- Active: 1998-
- Branch: RAAF
- Role: Garrison Airbase Operations and Expeditionary Combat Support
- Part of: 395ECSW
- Garrison/HQ: RAAF Base Williamtown
- Motto(s): Lead the Way

Insignia
- Callsign: The Night Owl

= No. 381 Expeditionary Combat Support Squadron RAAF =

381ECSS is an expeditionary combat support squadron of the RAAF formed at RAAF Williamtown, NSW in May 1998. It is a fully deployable airbase operations unit that provides airbase-specific operations support and common 'close' combat support functions to one or more collocated flying units at a forward operating base. Effectively an ECSS runs the base support to ensure lodger flying units are able to concentrate on the projection of the required air power to support directed RAAF missions.

To date 381ECSS has assisted in Operations Warden/Stabilize (East Timor), Gold (Sydney Olympics), Relex (bare base activation to support maritime interdiction operations), Gaberdine (Immigration Support), Guardian (CHOGM Support), Slipper (Global War on Terrorism), Bastille and Falconer (Iraq War). These activities have included defence aid to the civilian community, activation of bare bases, support to the UN peacekeeping missions, support to border protection, coalition force activities in the Fight Against Terrorism and the War in Iraq.

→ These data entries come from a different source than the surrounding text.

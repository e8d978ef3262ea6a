ghost use Rattle.std.specs.Prelude.{◌≡◌, Some};
ghost use Rattle.std.specs.Option.{option_and_then};
ghost use Rattle.plc_base.specs.Kinds.{is_code, is_function_block};
ghost use Rattle.block_layout.specs.Offsets.{component_place, place_in_section, elementary_place, place_at_path_end, variable_place, width_of};
ghost use Rattle.block_layout.specs.Paths.{if_whole};

use crate::beyond::{leaves_from, leaves_structure};
use crate::blocks::{BlockLayout, Section};
use crate::path_ends::{PathEnd, walk_from};
use crate::routes::{elementary_at, if_whole, structure_of, walk_data};
use plc_base::{Area, BlockId, Place, Width};
use stl_ast::{PathStep, Simple};

/// The width of an elementary type.
pub fn width_of(kind: Simple) -> Width
    ensures { result ≡ width_of kind }
{
    match kind {
        Simple::Bool => Width::Bit,
        Simple::Byte | Simple::Char => Width::Byte,
        Simple::Word | Simple::Int | Simple::S5time => Width::Word,
        Simple::Dword | Simple::Dint | Simple::Time => Width::Dword,
    }
}

/// The place so many bits from the start of an area or a data block, and the width of a type there;
/// none that is past the 65,536th byte.
pub fn elementary_place(area: Area, number: u16, bits: u64, kind: Simple) -> Option<(Place, Width)>
    ensures { result ≡ elementary_place area number bits (Some kind) }
{
    let byte = bits / 8;
    if byte <= 65_535 {
        let place = Place {
            area,
            number,
            byte: byte as u16,
            bit: (bits % 8) as u8,
        };
        Some((place, width_of(kind)))
    } else {
        None
    }
}

fn place_at_path_end(
    layouts: &[BlockLayout],
    area: Area,
    number: u16,
    path_end: PathEnd,
) -> Option<(Place, Width)>
    ensures { result ≡ place_at_path_end layouts.now area number path_end }
{
    match path_end {
        PathEnd::Reaches { component } => {
            let kind = elementary_at(layouts, component)?;
            elementary_place(area, number, component.offset, kind)
        }
        _ => None,
    }
}

/// A component of a data block.
fn component(
    layouts: &[BlockLayout],
    number: u16,
    block: usize,
    path: &[PathStep],
) -> Option<(Place, Width)>
    ensures { result ≡ component_place layouts.now number block path.now }
{
    if leaves_structure(layouts, structure_of(layouts, block), path) {
        None
    } else {
        let path_end = walk_data(layouts, block, path);
        place_at_path_end(layouts, Area::Db, number, path_end)
    }
}

/// A variable of a code block, which lies in this area.
fn variable(
    layouts: &[BlockLayout],
    area: Area,
    block: usize,
    temporary: bool,
    path: &[PathStep],
) -> Option<(Place, Width)>
    ensures { result ≡ variable_place layouts.now area block temporary path.now }
{
    if leaves_from(layouts, block, temporary, path) {
        None
    } else {
        let path_end = walk_from(layouts, block, temporary, path);
        place_at_path_end(layouts, area, 0, path_end)
    }
}

fn offset_in(
    layouts: &[BlockLayout],
    id: BlockId,
    section: Section,
    path: &[PathStep],
    block: usize,
) -> Option<(Place, Width)>
    ensures { result ≡ place_in_section layouts.now id section path.now block }
{
    match section {
        Section::Global if id.kind.is_data_block() => component(layouts, id.number, block, path),
        Section::Instance if id.kind.is_function_block() => {
            variable(layouts, Area::Di, block, false, path)
        }
        Section::Temp if id.kind.is_code() => variable(layouts, Area::L, block, true, path),
        _ => None,
    }
}

/// The place and the width of the elementary component that a path in a block names; `known` is the
/// place of the block in the source.
pub(crate) fn offset(
    layouts: &[BlockLayout],
    known: Option<usize>,
    id: BlockId,
    section: Section,
    path: &[PathStep],
) -> Option<(Place, Width)>
    ensures { result ≡ option_and_then (place_in_section layouts.now id section path.now)
        (option_and_then (if_whole layouts.now) known) }
{
    let block = if_whole(layouts, known?)?;
    offset_in(layouts, id, section, path, block)
}
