use crate::layouts::Layout;
use plc_base::BlockId;

/// Where the structure of a block stands: in the block itself, or in the function block or `TYPE`
/// block at this place in the source, or in one that the source hasn't.
#[derive(Clone, Copy, Debug, PartialEq, Eq)]
pub enum Shape {
    Own,
    Of { block: usize },
    Unknown,
}

/// The layout of a block. `broken` says that the block as a whole breaks a rule; `components` are
/// those of its structure, or the parameters and static variables of a code block, `temps` its
/// temporary variables. `local_len` is the length of its local data and `length` that of its
/// structure, both in bytes.
#[derive(Drop)]
pub struct BlockLayout {
    pub id: Option<BlockId>,
    pub broken: bool,
    pub shape: Shape,
    pub components: Layout,
    pub temps: Layout,
    pub local_len: u64,
    pub length: u64,
}

/// Which variables of a block a path names: those of a data block, those of a function block in its
/// instance, or its temporary ones.
#[derive(Clone, Copy, Debug, PartialEq, Eq)]
pub enum Section {
    Global,
    Instance,
    Temp,
}
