//! A watch: workers run an image while a viewer views what one of them reads, and the history that
//! they made is written, its run, and the views.
ghost use Rattle.std.specs.Prelude.{◌≡◌, ℕ, List, ◌++◌, ◌≤◌, codes, length, map, All, IfOk, OnOk, Some};
ghost use Rattle.plc_io.specs.Moments.{FilesAt};
ghost use Rattle.plc_io.specs.SinkBytes.{WroteText};
ghost use Rattle.var_access.specs.Entry.{IsValid};
ghost use Rattle.s7_cli.specs.Answer.{done_answer};
ghost use Rattle.s7_cli.specs.Command.{Watch};
ghost use Rattle.s7_cli.specs.Ends.{EndsWithStatus, sink_moments};
ghost use Rattle.s7_cli.specs.Inner.{ComesBeforeLine, CommandComesTo, SaysRefusal};
ghost use Rattle.s7_cli.specs.Reading.{disk_moments};
ghost use Rattle.s7_cli.specs.StatusTable.{StatusTable};
ghost use Rattle.s7_cli.specs.WatchSays.{seen_line, seen_reply, seen_text, watch_text};
ghost use Rattle.s7_cli.specs.WatchTexts.{IsWatchText, WatchTextSays, watch_contents};
ghost use Rattle.s7_cli.specs.run_text.Behind.{program_of_recording};

use crate::failures::{ExitStatus, Failure};
use crate::finish::{end_command, outcome_of_write};
use crate::live_command::write_live;
use crate::watch_checks::{WatchWork, check_watch};
use crate::watch_files::{WatchText, read_watch};
use crate::watch_run::watch_run;
use controller::Controller;
use event_text::outcome_lines;
use monitor::Line;
use plc_base::NoMemory;
use plc_io::{Files, Gate, IoFault, Sink, push_all};
use std::alloc::Global;
use std::sync::Wait;
use std::thread::Threads;
use var_access::{Reply, Request, Vars};
use watch_board::Shown;

/// What came of a watch.
#[derive(Drop)]
struct WatchOutcome {
    /// The controller, with the history that the workers made.
    controller: Controller,
    /// What the last operator read.
    vars: Vars,
    /// What the viewer saw.
    views: Vec<Shown>,
}

/// Checks what the files of a watch hold, and lets its workers make a history.
fn run_watch<R: Threads + Wait + Sync, G: Gate + Sync>(
    rt: &R,
    alloc: Global,
    text: &WatchText,
    steps: u32,
    gate: &G,
) -> Result<WatchOutcome, Failure>
    requires text { IsWatchText text.now }
    requires steps { steps ≤ 1000000 }
    ensures says { IfOk result (λ w. WatchTextSays steps text.now (done_answer
        (watch_text (program_of_recording w.controller) w.controller.history w.vars
        w.views.items))) }
    ensures valid { IfOk result (λ w. All IsValid w.controller.history) }
    ensures refused { SaysRefusal (WatchTextSays steps text.now) result }
{
    event_text::laws::written_is_read();
    let WatchWork {
        program,
        stimuli,
        vars,
        scripts,
    } = check_watch(alloc, text)?;
    let (controller, views) = watch_run(rt, alloc, program, steps, &stimuli, scripts, &vars, gate)?;
    Ok(WatchOutcome {
        controller,
        vars,
        views,
    })
}

/// Appends what a view says of a reply.
fn add_reply(
    vars: &Vars,
    number: u64,
    reply: &Option<Reply>,
    text: &mut Vec<u8>,
) -> Result<(), NoMemory>
    ensures { OnOk result
        (text.new.items ≡ text.old.items ++ seen_reply vars.now number reply.now) }
{
    match reply {
        None => text.extend_from_slice(b" NONE\n"),
        Some(reply) => {
            let request = Request::ReadVars { vars: *vars };
            outcome_lines(number, &request, reply, text)
        }
    }
}

/// Appends the line of a view.
fn add_view(vars: &Vars, view: &Shown, text: &mut Vec<u8>) -> Result<(), NoMemory>
    ensures { OnOk result (text.new.items ≡ text.old.items ++ seen_line vars.now view.now) }
{
    let mut line = Line::new();
    line.add(b"SEEN ");
    line.add_number(view.length);
    line.append_to(text)?;
    add_reply(vars, view.length, &view.reply, text)
}

/// The lines of all views.
#[tactic(auto, unfolding(crate::specs::WatchSays::seen_text))]
fn view_lines(alloc: Global, vars: &Vars, views: &[Shown]) -> Result<Vec<u8>, NoMemory>
    ensures { IfOk result (λ v. v.items ≡ seen_text vars.now views.now) }
{
    let mut text = Vec::new(alloc);
    for view in views {
        add_view(vars, view, &mut text)?;
    }
    Ok(text)
}

/// Writes a line `---`, and the lines of the views.
fn write_views<K: Sink>(
    alloc: Global,
    vars: &Vars,
    views: &[Shown],
    out: &mut K,
) -> Result<(), IoFault>
    ensures { WroteText (K.shown out.old) (K.shown out.new)
        (codes "---\n" ++ seen_text vars.now views.now) result }
{
    push_all(out, b"---\n")?;
    let lines = view_lines(alloc, vars, views)?;
    push_all(out, &lines)
}

/// Writes the text of a live run, a line `---`, and the lines of the views.
fn write_watch<K: Sink>(alloc: Global, watched: WatchOutcome, out: &mut K) -> Result<(), IoFault>
    requires { All IsValid watched.controller.history }
    ensures { WroteText (K.shown out.old) (K.shown out.new)
        (watch_text (program_of_recording watched.controller) watched.controller.history
        watched.vars watched.views.items) result }
{
    let WatchOutcome {
        controller,
        vars,
        views,
    } = watched;
    write_live(alloc, controller, out)?;
    write_views(alloc, &vars, &views, out)
}

/// Checks what the files of a watch hold, lets the workers work and the viewer view, and writes
/// what they made and saw.
fn watch_read<R: Threads + Wait + Sync, K: Sink, G: Gate + Sync>(
    rt: &R,
    alloc: Global,
    text: &WatchText,
    steps: u32,
    out: &mut K,
    gate: &G,
) -> Result<(), Failure>
    requires text { IsWatchText text.now }
    requires steps { steps ≤ 1000000 }
    ensures { let took = sink_moments (K.shown out.old) (K.shown out.new) in
        (img stim vars : List ℕ) (ops : List (List ℕ)) (at : FilesAt)
        → CommandComesTo (Watch img stim vars ops steps) (watch_contents text.now)
        (disk_moments at at) took result }
{
    let watched = run_watch(rt, alloc, text, steps, gate)?;
    outcome_of_write(write_watch(alloc, watched, out))
}

/// Reads an image, stimuli, variables and scripts, checks all, lets the workers work and the viewer
/// view, and writes what they made and saw.
fn watch<R: Threads + Wait + Sync, F: Files, K: Sink, G: Gate + Sync>(
    rt: &R,
    alloc: Global,
    img: &str,
    stim: &str,
    vars: &str,
    ops: &[&str],
    steps: u32,
    files: &mut F,
    out: &mut K,
    gate: &G,
) -> Result<(), Failure>
    requires ops { (1 ≤ length ops.now) × (length ops.now ≤ 3) }
    requires steps { steps ≤ 1000000 }
    ensures { let went = disk_moments (F.shown files.old) (F.shown files.new) in
        let took = sink_moments (K.shown out.old) (K.shown out.new) in
        let asked = Watch img.now stim.now vars.now (map (λ w. w.now) ops.now) steps in
        ComesBeforeLine (Some asked) went took result }
{
    let text = read_watch(alloc, files, img, stim, vars, ops)?;
    watch_read(rt, alloc, &text, steps, out, gate)
}

/// Lets several workers run the image in the file `img` beside each other, as `live` does, with an
/// operator for each file of `ops`, and one more, the fourth, who makes the read in the file `vars`
/// a hundred times and publishes each reply on a board, which a viewer views a hundred times beside
/// them. Then the text of a live run is written, a line `---`, and a line for each view; or the
/// line of a refusal.
pub fn cmd_watch<R: Threads + Wait + Sync, F: Files, K: Sink, G: Gate + Sync>(
    rt: &R,
    alloc: Global,
    img: &str,
    stim: &str,
    vars: &str,
    ops: &[&str],
    steps: u32,
    files: &mut F,
    out: &mut K,
    gate: &G,
) -> ExitStatus
    requires ops { (1 ≤ length ops.now) × (length ops.now ≤ 3) }
    requires steps { (1 ≤ steps) × (steps ≤ 1000000) }
    ensures ends { let went = disk_moments (F.shown files.old) (F.shown files.new) in
        let asked = Watch img.now stim.now vars.now (map (λ w. w.now) ops.now) steps in
        EndsWithStatus (Some asked) went (sink_moments (K.shown out.old) (K.shown out.new))
        result.code }
    ensures table { let went = disk_moments (F.shown files.old) (F.shown files.new) in
        let asked = Watch img.now stim.now vars.now (map (λ w. w.now) ops.now) steps in
        StatusTable (Some asked) went (sink_moments (K.shown out.old) (K.shown out.new))
        result.code }
{
    let came = watch(rt, alloc, img, stim, vars, ops, steps, files, out, gate);
    end_command(out, came)
}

381ECSS's in-garrison role is to provide specialist military airbase operations at Williamtown in concert with other airbase service providers such as Defence Support Group and Joint Logistics Command. At its 'home' base 381ECSS does not provide all base support services, but when deployed it has the capability (see above) to support a bare base, a greenfield airfield or to augment operations on an existing main base as required, providing all the services to make it a fully operational base.